- [WHAT THIS TASK INVOLVES] Nothing in the listing should be dropped or altered when it is copied.

- [PROVIDED ENTRIES]
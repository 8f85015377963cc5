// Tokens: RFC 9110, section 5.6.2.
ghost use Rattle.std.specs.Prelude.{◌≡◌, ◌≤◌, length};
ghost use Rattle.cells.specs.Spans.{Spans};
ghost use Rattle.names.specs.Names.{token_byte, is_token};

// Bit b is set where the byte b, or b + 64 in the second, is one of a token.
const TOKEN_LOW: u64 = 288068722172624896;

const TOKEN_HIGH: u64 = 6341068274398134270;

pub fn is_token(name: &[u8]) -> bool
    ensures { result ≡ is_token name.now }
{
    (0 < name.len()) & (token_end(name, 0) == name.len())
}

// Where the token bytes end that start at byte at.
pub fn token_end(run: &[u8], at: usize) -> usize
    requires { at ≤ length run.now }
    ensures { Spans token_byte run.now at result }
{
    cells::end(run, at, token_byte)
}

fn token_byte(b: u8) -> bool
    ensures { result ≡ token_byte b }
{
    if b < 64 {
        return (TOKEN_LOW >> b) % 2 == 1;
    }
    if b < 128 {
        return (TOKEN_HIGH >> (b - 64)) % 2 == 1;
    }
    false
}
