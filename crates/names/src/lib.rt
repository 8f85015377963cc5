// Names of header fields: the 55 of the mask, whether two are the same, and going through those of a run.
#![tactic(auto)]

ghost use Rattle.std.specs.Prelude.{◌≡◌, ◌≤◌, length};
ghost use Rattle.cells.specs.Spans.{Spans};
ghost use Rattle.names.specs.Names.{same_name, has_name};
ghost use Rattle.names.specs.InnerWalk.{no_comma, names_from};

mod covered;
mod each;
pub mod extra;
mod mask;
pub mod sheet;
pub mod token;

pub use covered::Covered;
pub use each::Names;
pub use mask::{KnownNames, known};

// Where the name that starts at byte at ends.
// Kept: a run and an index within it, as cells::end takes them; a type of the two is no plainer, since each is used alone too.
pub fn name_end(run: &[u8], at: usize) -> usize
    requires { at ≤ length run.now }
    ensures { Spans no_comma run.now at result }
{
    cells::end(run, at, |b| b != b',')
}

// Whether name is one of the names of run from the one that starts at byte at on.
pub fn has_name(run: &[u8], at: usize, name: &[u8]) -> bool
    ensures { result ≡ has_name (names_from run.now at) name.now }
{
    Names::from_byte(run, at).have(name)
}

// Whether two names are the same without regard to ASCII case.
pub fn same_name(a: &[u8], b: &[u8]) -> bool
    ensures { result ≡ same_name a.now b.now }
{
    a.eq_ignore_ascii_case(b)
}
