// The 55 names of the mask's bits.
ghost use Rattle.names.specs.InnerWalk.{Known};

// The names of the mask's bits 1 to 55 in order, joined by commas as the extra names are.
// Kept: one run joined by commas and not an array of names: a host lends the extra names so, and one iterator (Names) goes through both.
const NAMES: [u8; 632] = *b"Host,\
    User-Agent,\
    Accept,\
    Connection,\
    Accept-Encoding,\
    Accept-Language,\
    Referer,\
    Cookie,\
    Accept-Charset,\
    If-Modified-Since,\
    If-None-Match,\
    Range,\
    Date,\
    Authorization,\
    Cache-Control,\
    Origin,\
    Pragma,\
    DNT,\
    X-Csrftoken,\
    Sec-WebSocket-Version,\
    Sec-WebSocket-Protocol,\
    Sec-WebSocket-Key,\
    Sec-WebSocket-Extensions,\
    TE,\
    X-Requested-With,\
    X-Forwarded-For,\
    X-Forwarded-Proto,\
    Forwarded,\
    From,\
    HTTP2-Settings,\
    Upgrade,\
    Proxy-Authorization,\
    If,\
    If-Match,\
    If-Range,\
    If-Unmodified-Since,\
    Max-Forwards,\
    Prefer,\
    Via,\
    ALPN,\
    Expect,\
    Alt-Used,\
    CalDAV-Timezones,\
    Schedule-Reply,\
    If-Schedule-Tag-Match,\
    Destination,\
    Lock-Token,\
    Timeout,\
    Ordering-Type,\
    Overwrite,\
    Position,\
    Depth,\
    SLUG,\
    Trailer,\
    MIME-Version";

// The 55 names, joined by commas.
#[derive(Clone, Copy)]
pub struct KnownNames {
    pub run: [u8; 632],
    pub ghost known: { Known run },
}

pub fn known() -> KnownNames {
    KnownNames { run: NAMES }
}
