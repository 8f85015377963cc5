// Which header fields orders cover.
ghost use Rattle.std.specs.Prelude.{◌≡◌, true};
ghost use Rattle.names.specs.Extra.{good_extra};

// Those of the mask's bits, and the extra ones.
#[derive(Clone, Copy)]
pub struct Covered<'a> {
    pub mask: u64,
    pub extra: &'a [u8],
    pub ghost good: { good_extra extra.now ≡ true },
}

- [REPLY]
repository 8f85015377963cc5
// Tokens: RFC 9110, section 5.6.2.
ghost use Rattle.std.specs.Prelude.{◌≡◌, ◌≤◌, length};
ghost use Rattle.cells.specs.Spans.{Spans};
ghost use Rattle.names.specs.Names.{token_byte, is_token};

// Bit b is set where the byte b, or b + 64 in the second, is one of a token.
const TOKEN_LOW: u64 = 288068722172624896;

const TOKEN_HIGH: u64 = 6341068274398134270;

pub fn is_token(name: &[u8]) -> bool
    ensures { result ≡ is_token name.now }
{
    (0 < name.len()) & (token_end(name, 0) == name.len())
}

// Where the token bytes end that start at byte at.
pub fn token_end(run: &[u8], at: usize) -> usize
    requires { at ≤ length run.now }
    ensures { Spans token_byte run.now at result }
{
    cells::end(run, at, token_byte)
}

fn token_byte(b: u8) -> bool
    ensures { result ≡ token_byte b }
{
    if b < 64 {
        return (TOKEN_LOW >> b) % 2 == 1;
    }
    if b < 128 {
        return (TOKEN_HIGH >> (b - 64)) % 2 == 1;
    }
    false
}
filename crates/names/src/lib.rt
repository 8f85015377963cc5
// Names of header fields: the 55 of the mask, whether two are the same, and going through those of a run.
#![tactic(auto)]

ghost use Rattle.std.specs.Prelude.{◌≡◌, ◌≤◌, length};
ghost use Rattle.cells.specs.Spans.{Spans};
ghost use Rattle.names.specs.Names.{same_name, has_name};
ghost use Rattle.names.specs.InnerWalk.{no_comma, names_from};

mod covered;
mod each;
pub mod extra;
mod mask;
pub mod sheet;
pub mod token;

pub use covered::Covered;
pub use each::Names;
pub use mask::{KnownNames, known};

// Where the name that starts at byte at ends.
// Kept: a run and an index within it, as cells::end takes them; a type of the two is no plainer, since each is used alone too.
pub fn name_end(run: &[u8], at: usize) -> usize
    requires { at ≤ length run.now }
    ensures { Spans no_comma run.now at result }
{
    cells::end(run, at, |b| b != b',')
}

// Whether name is one of the names of run from the one that starts at byte at on.
pub fn has_name(run: &[u8], at: usize, name: &[u8]) -> bool
    ensures { result ≡ has_name (names_from run.now at) name.now }
{
    Names::from_byte(run, at).have(name)
}

// Whether two names are the same without regard to ASCII case.
pub fn same_name(a: &[u8], b: &[u8]) -> bool
    ensures { result ≡ same_name a.now b.now }
{
    a.eq_ignore_ascii_case(b)
}
// The 55 names of the mask's bits.
ghost use Rattle.names.specs.InnerWalk.{Known};

// The names of the mask's bits 1 to 55 in order, joined by commas as the extra names are.
// Kept: one run joined by commas and not an array of names: a host lends the extra names so, and one iterator (Names) goes through both.
const NAMES: [u8; 632] = *b"Host,\
    User-Agent,\
    Accept,\
    Connection,\
    Accept-Encoding,\
    Accept-Language,\
    Referer,\
    Cookie,\
    Accept-Charset,\
    If-Modified-Since,\
    If-None-Match,\
    Range,\
    Date,\
    Authorization,\
    Cache-Control,\
    Origin,\
    Pragma,\
    DNT,\
    X-Csrftoken,\
    Sec-WebSocket-Version,\
    Sec-WebSocket-Protocol,\
    Sec-WebSocket-Key,\
    Sec-WebSocket-Extensions,\
    TE,\
    X-Requested-With,\
    X-Forwarded-For,\
    X-Forwarded-Proto,\
    Forwarded,\
    From,\
    HTTP2-Settings,\
    Upgrade,\
    Proxy-Authorization,\
    If,\
    If-Match,\
    If-Range,\
    If-Unmodified-Since,\
    Max-Forwards,\
    Prefer,\
    Via,\
    ALPN,\
    Expect,\
    Alt-Used,\
    CalDAV-Timezones,\
    Schedule-Reply,\
    If-Schedule-Tag-Match,\
    Destination,\
    Lock-Token,\
    Timeout,\
    Ordering-Type,\
    Overwrite,\
    Position,\
    Depth,\
    SLUG,\
    Trailer,\
    MIME-Version";

// The 55 names, joined by commas.
#[derive(Clone, Copy)]
pub struct KnownNames {
    pub run: [u8; 632],
    pub ghost known: { Known run },
}

pub fn known() -> KnownNames {
    KnownNames { run: NAMES }
}
repository 8f85015377963cc5
// Which header fields orders cover.
ghost use Rattle.std.specs.Prelude.{◌≡◌, true};
ghost use Rattle.names.specs.Extra.{good_extra};

// Those of the mask's bits, and the extra ones.
#[derive(Clone, Copy)]
pub struct Covered<'a> {
    pub mask: u64,
    pub extra: &'a [u8],
    pub ghost good: { good_extra extra.now ≡ true },
}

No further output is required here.